In this post I will attempt to go over the steps between a simple linear regression towards a non-linear probabilistic model built with a neural network.
This is particularly useful in case where the model noise changes with one of the model variables or is non-linear, such as in those with heteroskedasticity.
Import stuff:
import numpy as np
import pandas as pd
import tensorflow as tf
import tensorflow_probability as tfp
import matplotlib.pyplot as plt
plt.style.use("seaborn-whitegrid")
Let’s generate some data with non-linearities that would pose some issues for a linear regression solution:
# amount of noise that is added is a function of x
n = 20000
x = np.random.uniform(-10, 10, size=n)
noise_std = np.sin(x * 0.4) + 1
y = (
-0.5
+ 1.3 * x
+ 3 * np.cos(x * 0.5)
+ np.random.normal(loc=0, scale=noise_std)
)
x_train = x[: n // 2]
x_test = x[n // 2 :]
y_train = y[: n // 2]
y_test = y[n // 2 :]
plt.plot(x, y, ".")
plt.xlabel("x")
plt.ylabel("y")
plt.title("Weird looking data")
plt.show()
Linear regression approach
We can fit a linear regression model using tensorflow. This model would have no hidden layers, so the output can only be a linear weighted sum of the input and a bias.

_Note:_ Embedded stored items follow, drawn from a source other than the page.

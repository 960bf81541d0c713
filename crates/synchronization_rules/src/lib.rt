//! Which operation an instruction that retires may not come before, by FENCEs, annotations and pairs of LR
//! and SC: rules 4 to 8 of preserved program order (section 14.1).
#![tactic(auto)]

mod fences;
mod laws;
mod marks;
mod operation;

pub use fences::FenceOrder;
pub use laws::hart_marks_go_on;
pub use marks::HartMarks;
pub use operation::MarkedOp;

#[cfg(test)]
mod tests;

We optimise for the mean squared error, which is the standard loss function for linear regression.
model_lin_reg = tf.keras.Sequential(
[tf.keras.layers.Input(shape=(1,)), tf.keras.layers.Dense(1)]
)
model_lin_reg.compile(
optimizer=tf.optimizers.Adam(learning_rate=0.01),
loss=tf.keras.losses.mse,
metrics=[tf.keras.losses.mse],
)
history = model_lin_reg.fit(x_train, y_train, epochs=10, verbose=0)

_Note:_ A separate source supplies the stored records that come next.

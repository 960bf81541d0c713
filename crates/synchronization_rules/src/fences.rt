//! FENCEs, by the orders that they set: a class of operations before a class.

ghost use Rattle.std.specs.Prelude.{◌≡◌};
ghost use Rattle.rvwmo_model.specs.InsnKinds;
ghost use Rattle.rvwmo_model.specs.Order.{kind_loads, kind_stores};
ghost use Rattle.synchronization_rules.specs.Marks.{later_tag};

use crate::operation::{MarkedOp, raise};
use rv_decode::Insn;
use rvwmo_model::OpKind;
use tandem_base::Mark;

/// What is kept of the FENCEs of one order.
#[derive(Clone, Copy)]
pub struct FenceOrder {
    /// The tag of the latest.
    pub fence: Option<u64>,
    /// The latest performed operation of the first class that one of them is after.
    pub latest: Option<Mark>,
}

fn kind_loads(kind: OpKind) -> bool
    ensures { result ≡ kind_loads kind }
{
    matches!(kind, OpKind::Load | OpKind::Both)
}

fn kind_stores(kind: OpKind) -> bool
    ensures { result ≡ kind_stores kind }
{
    matches!(kind, OpKind::Store | OpKind::Both)
}

/// Whether operations of a kind are in a predecessor or successor set.
fn is_in_set(set: u8, kind: OpKind) -> bool
    ensures { result ≡ InsnKinds.in_set set kind }
{
    set / 2 % 2 == 1 && kind_loads(kind) || set % 2 == 1 && kind_stores(kind)
}

/// Whether an instruction is a FENCE that orders operations of the one kind before those of the other.
pub fn fence_orders(insn: &Insn, before: OpKind, after: OpKind) -> bool
    ensures { result ≡ InsnKinds.fence_orders insn.now before after }
{
    match *insn {
        Insn::Fence { fm, pred, succ, .. } => {
            if fm == 8 && pred == 3 && succ == 3 {
                kind_loads(before) || kind_stores(before) && kind_stores(after)
            } else {
                is_in_set(pred, before) && is_in_set(succ, after)
            }
        }
        _ => false,
    }
}

/// The greater of two tags.
pub fn later_of_tags(tag: Option<u64>, other: Option<u64>) -> Option<u64>
    ensures { result ≡ later_tag tag other }
{
    match (tag, other) {
        (None, _) => other,
        (Some(_), None) => tag,
        (Some(a), Some(b)) => { if a < b { other } else { tag } }
    }
}

impl FenceOrder {
    ghost use Rattle.std.specs.Prelude.{◌≡◌, None};
    ghost use Rattle.synchronization_rules.specs.Marks.{is_before_fence, no_order, with_fence, with_store_part};

    /// No FENCE.
    pub(crate) const NONE: FenceOrder = FenceOrder {
        fence: None,
        latest: None,
    };

    /// An instruction retires under a tag. Where it is a FENCE of the order, it is after all that has been
    /// performed of the first class, of which this is the latest.
    pub(crate) fn retire(&mut self, is_fence: bool, tag: u64, latest: Option<Mark>)
        ensures { self.new ≡ with_fence is_fence tag latest self.old }
    {
        if is_fence {
            *self = FenceOrder {
                fence: Some(tag),
                latest,
            };
        }
    }

    /// Whether a FENCE of the order is after a tag.
    fn is_after(&self, tag: u64) -> bool
        ensures { result ≡ is_before_fence tag self.now.fence }
    {
        match self.fence {
            None => false,
            Some(fence) => tag < fence,
        }
    }

    /// An operation that retired before is performed; it counts where it is of the first class.
    pub(crate) fn performed(&mut self, counts: bool, op: &MarkedOp)
        ensures { self.new ≡ with_store_part counts op.now self.old }
    {
        let counts = counts && self.is_after(op.name.tag);
        raise(&mut self.latest, counts, op);
    }
}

# Model has converged fine:
plt.plot(history.history["loss"])
plt.show()
print(f"""Final loss: {history.history["loss"][-1]:0.2f}""")
Final loss: 5.25
We’ll define a couple helper functions to plot results:
def plot_results(x, y, y_est_mu, y_est_std=None):
plt.figure(figsize=(10, 6))
plt.plot(x, y, ".", label="y")
plt.plot(x, y_est_mu, "-y", label="y_est_mu")
if y_est_std is not None:
plt.plot(x, y_est_mu + 2 * y_est_std, "-r", label="mu+2std")
plt.plot(x, y_est_mu - 2 * y_est_std, "-r", label="mu-2std")
plt.legend()
plt.show()
def plot_model_results(model, x, y, tfp_model: bool = True):
model.weights
si = np.argsort(x)
x = x[si]
y = y[si]
yhat = model(x)
if tfp_model:
y_est_mu = yhat.mean()
y_est_std = yhat.stddev()
else:
y_est_mu = yhat
y_est_std = np.nan
plot_results(x, y, y_est_mu, y_est_std)
Plotting the fitted results from the linear regression shows it cannot capture the non-linearity of the data. The standard deviation of the model residuals doesn’t affect the converged regression coefficients so it is not plotted.
plot_model_results(model_lin_reg, x_train, y_train, tfp_model=False)
Tensorflow probability
We can fit the same model above by maximising the likelihood of a normal distribution, where the mean is the estimates of the linear regression model.
This can be built within tensorflow probability.
The DistributionLambda
is used to send the outputs of the Dense
layer to the inputs of the distribution output layer.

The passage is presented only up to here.